### SUPPLIED ENTRIES
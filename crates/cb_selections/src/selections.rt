//! Any selection from blocks.
ghost use Rattle.std.specs.Prelude.{◌≡◌, [], ◌∷◌, IfOk};
ghost use Rattle.cb_operations.specs.OperationAnswers.{shapes_in};
ghost use Rattle.cb_operations.specs.SelectionAnswers.{answer_of, operand_count_of, Suits};

use crate::assignments::assign;
use crate::diagonals::{diagonal, diagonal_matrix};
use crate::kronecker_products::kronecker;
use crate::powers::power;
use crate::{apply, select};
use cb_dcsc::Block;
use cb_elementwise::exclude;
use cb_operations::Selection;
use cb_reshape::cut;
use cb_semirings::Semiring;
use std::alloc::{AllocError, Global};

/// Makes a selection from one block, from which it can be made ([`Selection::suits`]).
pub fn selection_of_one<S: Semiring>(
    alloc: Global,
    selection: Selection,
    a: &Block<S>,
) -> Result<Block<S>, AllocError>
    requires count { operand_count_of selection ≡ 1 }
    requires suits { Suits selection S.arithmetic (shapes_in (a.now ∷ [])) }
    ensures { IfOk result (λ m. m ≡ answer_of selection S.arithmetic (a.now ∷ [])) }
{
    match selection {
        Selection::Select(region) => select(alloc, a, region),
        Selection::Apply(function) => apply(alloc, a, function),
        Selection::Diagonal => diagonal(alloc, a),
        Selection::DiagonalMatrix => diagonal_matrix(alloc, a),
        Selection::Power(factors) => power(alloc, a, factors.get()),
        Selection::Part(rows, cols) => cut(alloc, a, rows, cols),
        _ => unreachable!(),
    }
}

/// Makes a selection from two blocks, from which it can be made.
pub fn selection_of_two<S: Semiring>(
    alloc: Global,
    selection: Selection,
    a: &Block<S>,
    b: &Block<S>,
) -> Result<Block<S>, AllocError>
    requires count { operand_count_of selection ≡ 2 }
    requires suits { Suits selection S.arithmetic (shapes_in (a.now ∷ b.now ∷ [])) }
    ensures { IfOk result (λ m. m ≡ answer_of selection S.arithmetic (a.now ∷ b.now ∷ [])) }
{
    match selection {
        Selection::Kronecker => kronecker(alloc, a, b),
        Selection::Assign(corner) => assign(alloc, a, corner, b),
        Selection::Exclude => exclude(alloc, a, b),
        _ => unreachable!(),
    }
}
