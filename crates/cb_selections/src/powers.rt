//! Powers of a square block.
ghost use Rattle.std.specs.Prelude.{◌≡◌, ◌≤◌, IfOk};
ghost use Rattle.cb_operations.specs.SelectionAnswers.{power};

use cb_dcsc::Block;
use cb_product::multiply;
use cb_semirings::Semiring;
use std::alloc::{AllocError, Global};

/// The power of a square block with this many factors. They are multiplied from the left: a product of a semiring need not
/// be associative.
///
/// Costs the products, one less than there are factors.
pub fn power<S: Semiring>(
    alloc: Global,
    block: &Block<S>,
    factors: u32,
) -> Result<Block<S>, AllocError>
    requires square { block.now.shape.rows ≡ block.now.shape.cols }
    requires some { 1 ≤ factors }
    ensures { IfOk result (λ m. m ≡ power S.arithmetic block.now factors) }
{
    if factors == 1 {
        return block.try_clone();
    }
    let mut product = multiply(alloc, block, block)?;
    for _ in 2..factors {
        product = multiply(alloc, &product, block)?;
    }
    Ok(product)
}
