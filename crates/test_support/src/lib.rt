//! What the tests of several crates share: files on disks in memory, the passes of a set, and devices, readers and writers that
//! fail.
#![tactic(auto)]

mod faults;
mod files;
mod passes;
mod pipes;

pub use faults::{ENDS, FAILINGS, Failing, end_life, set_failing};
pub use files::{keys_in, made};
pub use passes::last_pass;
pub use pipes::{Narrow, Slow};
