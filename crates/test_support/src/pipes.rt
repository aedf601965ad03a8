//! Readers and writers that fail.
use std::alloc::Global;
use std::io;
use std::io::{ErrorKind, Read, Write};

/// Gives its text so many bytes at a time, and then ends, or fails.
#[derive(Drop)]
pub struct Slow<'a> {
    pub text: &'a [u8],
    pub step: usize,
    pub fails: bool,
}

impl<'a> Read for Slow<'a> {
    fn read(&mut self, buffer: &mut [u8]) -> io::Result<usize> {
        if self.text.is_empty() && self.fails {
            return Err(io::Error::from(ErrorKind::Other));
        }
        let count = self.step.min(self.text.len()).min(buffer.len());
        let (given, rest) = self.text.split_at(count);
        buffer[..count].copy_from_slice(given);
        self.text = rest;
        Ok(count)
    }
}

/// Takes so many bytes, and then fails.
#[derive(Drop)]
pub struct Narrow {
    pub taken: Vec<u8>,
    pub room: usize,
}

impl Narrow {
    /// One that takes so many bytes.
    pub fn new(alloc: Global, room: usize) -> Narrow {
        Narrow {
            taken: Vec::new(alloc),
            room,
        }
    }
}

impl Write for Narrow {
    fn write(&mut self, bytes: &[u8]) -> io::Result<usize> {
        if bytes.is_empty() {
            return Ok(0);
        }
        if self.room == 0 {
            return Err(io::Error::from(ErrorKind::Other));
        }
        if self.taken.push(bytes[0]).is_err() {
            return Err(io::Error::from(ErrorKind::OutOfMemory));
        }
        self.room -= 1;
        Ok(1)
    }

    fn flush(&mut self) -> io::Result<()> {
        Ok(())
    }
}
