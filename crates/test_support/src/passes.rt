//! The passes of a set.
ghost use Rattle.std.specs.Prelude.{All, IfSome};
ghost use Rattle.lz_set.specs.Names.{MayCall};

use lz_set::{Named, Pass};

/// The last of a set's passes that are left.
pub fn last_pass<N: Named>(passes: &mut Vec<Pass>) -> Option<Pass>
    requires may { All (MayCall N.board) passes.old.items }
    ensures rest { All (MayCall N.board) passes.new.items }
    ensures last { IfSome result (λ pass. MayCall N.board pass) }
{
    passes.pop()
}
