//! Devices that are made to fail, and how a life ends after it.
use lz_disk::{MemoryDisk, Pick};
use std::alloc::AllocError;

/// How a life ends: the process stops, or the device crashes, and picks what becomes of the bytes that aren't durable.
pub const ENDS: [Option<Pick>; 7] = [
    None,
    Some(Pick::Old),
    Some(Pick::New),
    Some(Pick::Byte(0xa5)),
    Some(Pick::Byte(0x37)),
    Some(Pick::Byte(0)),
    Some(Pick::Part(1)),
];

/// Ends a life so.
pub fn end_life(disk: &mut MemoryDisk, end: Option<Pick>) -> Result<(), AllocError> {
    match end {
        Some(pick) => disk.crash(pick),
        None => {
            disk.stop();
            Ok(())
        }
    }
}

/// Whether a device fails at one call or from then on.
#[derive(Clone, Copy, Debug)]
pub enum Failing {
    Once,
    ForGood,
}

/// Both of them.
pub const FAILINGS: [Failing; 2] = [Failing::Once, Failing::ForGood];

/// Lets so many calls pass before the one that fails.
pub fn set_failing(disk: &mut MemoryDisk, failing: Failing, passes: u64) {
    match failing {
        Failing::Once => disk.trip_after(passes),
        Failing::ForGood => disk.fuse(passes),
    }
}
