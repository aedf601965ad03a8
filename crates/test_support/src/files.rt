//! Files on disks in memory.
ghost use Rattle.std.specs.Prelude.{IfSome};
ghost use Rattle.lz_disk.specs.Records.{device_of};
ghost use Rattle.lz_vault.specs.Opens.{MayOpen};

use lz_disk::MemoryDisk;
use lz_slot::{Format, Key};
use lz_vault::{OneThread, Vault, make, suit};
use std::alloc::Global;

/// A disk in memory with a new file of so many slots.
pub fn made(alloc: Global, slots: u64) -> Option<MemoryDisk>
    ensures { IfSome result (λ disk. MayOpen (device_of disk)) }
{
    let Ok(mut disk) = MemoryDisk::new(alloc, Vec::new(alloc)) else {
        return None;
    };
    match make(&mut disk, Format::Two, slots) {
        Ok(()) => {
            suit(&mut disk);
            Some(disk)
        }
        Err(_) => None,
    }
}

/// The keys of the members that a disk's file holds, ascending.
pub fn keys_in(alloc: Global, disk: MemoryDisk) -> Option<Vec<u64>> {
    let mut disk = disk;
    suit(&mut disk);
    let Ok(opened) = Vault::open_with_members(alloc, disk, &OneThread) else {
        return None;
    };
    let mut keys = Vec::new(alloc);
    for index in 0..opened.members.len() {
        let (rank, _) = opened.members[index];
        keys.push(Key::of_rank(rank)?.get()).ok()?;
    }
    keys.sort().ok()?;
    Some(keys)
}
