//! Extensions of known types, with their contents written into buffers.
ghost use Rattle.std.specs.Prelude.{◌≡◌, ◌∷◌, [], IfOk, if◌then◌else◌};
ghost use Rattle.der.specs.Encode.{SliceAnswer};
ghost use Rattle.der.specs.Prelude.{map_ok, element_octets, ElementWritten};

use crate::asn1::Extension;
use crate::find::KnownExtension;
use der::{Encode, EncodeValue, Error};
use der_asn1::{BooleanRef, Defaulted, OctetStringRef};

/// Returns the extension of type `K` with the value `value`. The encoding of the value is written
/// to the start of `buffer`, from which the extension is borrowed.
///
/// # Errors
///
/// The errors of [`Encode::encode_to_slice`] for the value. One of them is `Overlength`, if the
/// buffer is too short.
pub fn extension_of<'b, K: KnownExtension<'b>>(
    critical: bool,
    value: &K::Value,
    buffer: &'b mut [u8],
) -> Result<Extension<'b>, Error>
    ensures id { IfOk result (λ e. e.extn_id.octets.now ≡ K.id_octets) }
    ensures critical { IfOk result (λ e. e.critical.0.octets.now
        ≡ (if critical then 255 else 0) ∷ []) }
    ensures value { IfOk result (λ e. e.extn_value.octets.now
        ≡ element_octets K.Value.tag_is (K.Value.contents value.now)) }
    ensures exact { SliceAnswer (ElementWritten K.Value.tag_is (K.Value.value_size value.now)
        (K.Value.encode_value_answers value.now)) buffer.old
        (map_ok (λ e. e.extn_value.octets.now) result) }
{
    let contents = value.encode_to_slice(buffer)?;
    Ok(Extension {
        extn_id: K::identifier(),
        critical: Defaulted(boolean_of(critical)),
        extn_value: octet_string(contents),
    })
}

// The BOOLEAN of a `bool`.
fn boolean_of(is_true: bool) -> BooleanRef<'static>
    ensures { result.octets.now ≡ (if is_true then 255 else 0) ∷ [] }
{
    if is_true {
        BooleanRef::formed(&[0xFF])
    } else {
        BooleanRef::formed(&[0])
    }
}

// The OCTET STRING of octets.
fn octet_string(octets: &[u8]) -> OctetStringRef<'_>
    ensures { result.octets.now ≡ octets.now }
{
    OctetStringRef::formed(octets)
}
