//! Owned byte strings from the contents of an element. If the element is constructed, its contents
//! are segments (X.690 8.7.3), which are joined.
ghost use Rattle.std.specs.Prelude.{◌≡◌, ◌⊎◌, ℕ, List, true, false, IfOk, IfErr, IsOk, IsErrAnd};
ghost use Rattle.der_base.specs.Error.{error_of_kind};
ghost use Rattle.der_base.specs.declared.error.ErrorKind.TheVariants.{OutOfMemory as NoMemory};
ghost use Rattle.der_core.specs.Header.{head_of};
ghost use Rattle.der_core.specs.ReaderState.{rest_of, Same};
ghost use Rattle.der.specs.BytesOwned.{owned_octets};
ghost use Rattle.der.specs.Joined.{Joined};
ghost use Rattle.der.specs.Joining.{levels_left};
ghost use Rattle.der.specs.Parts.{HasSegments, ReadsParts, RefusesParts};

use super::der::read_owned;
use crate::bytes::BytesOwned;
use crate::length::indefinite::read_constructed_vec;
use der_base::{Error, Length, Tag};
use der_core::{Header, Reader};
use std::alloc::Global;

impl BytesOwned {
    /// Decodes the contents after `header` into an owned byte string. If `header` is primitive,
    /// copies the contents. If `header` is constructed and the reader's rules are the Basic
    /// Encoding Rules, all octets up to the reader's end must be segments: elements with the tag
    /// `inner_tag` (X.690 8.7.3). The contents of the segments are joined. A segment may itself
    /// consist of segments.
    ///
    /// # Errors
    ///
    /// - After a primitive header, the errors of [`Reader::read_vec`].
    /// - After a constructed header, under the Basic Encoding Rules, the errors of
    ///   [`read_constructed_vec`].
    /// - After a constructed header, under the Distinguished Encoding Rules, `Noncanonical` with
    ///   the header's tag, at the last octet of the header; the reader is unchanged.
    pub fn decode_value_parts<R: Reader>(
        alloc: Global,
        reader: &mut R,
        header: Header,
        inner_tag: Tag,
    ) -> Result<Self, Error>
        ensures same { Same (R.state reader.old) (R.state reader.new) }
        ensures ok { IfOk result (λ b. ReadsParts inner_tag (head_of header) (R.state reader.old)
            (owned_octets b) (R.state reader.new)) }
        ensures complete { (out : List ℕ) → R.reliable ≡ true
            → (R.state reader.old).failed ≡ false
            → HasSegments (head_of header) (R.state reader.old).rules
            → Joined inner_tag (levels_left (R.state reader.old)) (rest_of (R.state reader.old)) out
            → IsOk result ⊎ IsErrAnd result (λ e. e ≡ error_of_kind NoMemory) }
        ensures exact { R.reliable ≡ true
            → IfErr result (λ e. RefusesParts inner_tag (head_of header) (R.state reader.old) e
            (R.state reader.new)) }
    {
        if !header.is_constructed() {
            return read_owned(alloc, reader, header.length());
        }
        if reader.encoding_rules().is_ber() {
            let octets = read_constructed_vec(alloc, reader, header.length(), inner_tag)?;
            return BytesOwned::from_vec(octets);
        }
        let at = reader.position().saturating_sub(Length::ONE);
        Err(header.tag().non_canonical_error().at(at))
    }
}
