//! Attributes of certification requests, with their values written into buffers.
ghost use Rattle.std.specs.Prelude.{◌≡◌, IfOk};
ghost use Rattle.der.specs.Encode.{SliceAnswer};
ghost use Rattle.der.specs.Prelude.{ElementWritten, element_octets, map_ok};
ghost use Rattle.der_asn1.specs.AnyElement.{AnyElementRead};
ghost use Rattle.der_asn1.specs.AnyRef.{AnyRead};
ghost use Rattle.der_asn1.specs.ListAnswers.{SetWalked};
ghost use Rattle.der_asn1.specs.Assembly.{WrittenThenRead};

use super::written::write_value;
use crate::asn1::Attribute;
use crate::find::KnownAttribute;
use der::Error;
use der_asn1::SetOf;
use std::alloc::Global;

/// Returns the attribute of type `K` whose only value is `value`. `K` is a type such as
/// [`attr::ExtensionRequest`](crate::attr::ExtensionRequest). The encoding of the value is written
/// to the start of `buffer`, from which the attribute is borrowed.
///
/// # Errors
///
/// The errors of [`Encode::encode_to_slice`](der::Encode::encode_to_slice) for the value. One of
/// them is `Overlength`, if the buffer is too short.
pub fn attribute_of<'b, K: KnownAttribute<'b>>(
    alloc: Global,
    value: &K::Value,
    buffer: &'b mut [u8],
) -> Result<Attribute<'b>, Error>
    ensures id { IfOk result (λ a. a.oid.octets.now ≡ K.id_octets) }
    ensures value { IfOk result (λ a. a.values.elements.octets.now
        ≡ element_octets K.Value.tag_is (K.Value.contents value.now)) }
    ensures exact { WrittenThenRead (SliceAnswer (ElementWritten K.Value.tag_is
        (K.Value.value_size value.now) (K.Value.encode_value_answers value.now)) buffer.old)
        (λ octets r. SetWalked (λ e f. f ≡ e) (AnyElementRead (λ e f. f ≡ e) AnyRead) r octets)
        (map_ok (λ _. tt) result) }
{
    let contents = write_value(value, buffer)?;
    let values = SetOf::new(alloc, contents)?;
    Ok(Attribute {
        oid: K::identifier(),
        values,
    })
}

### THE TASK
Give the number, and nothing else, of lines in the listing above that include the word "MayOpen".

### THE ANSWER
2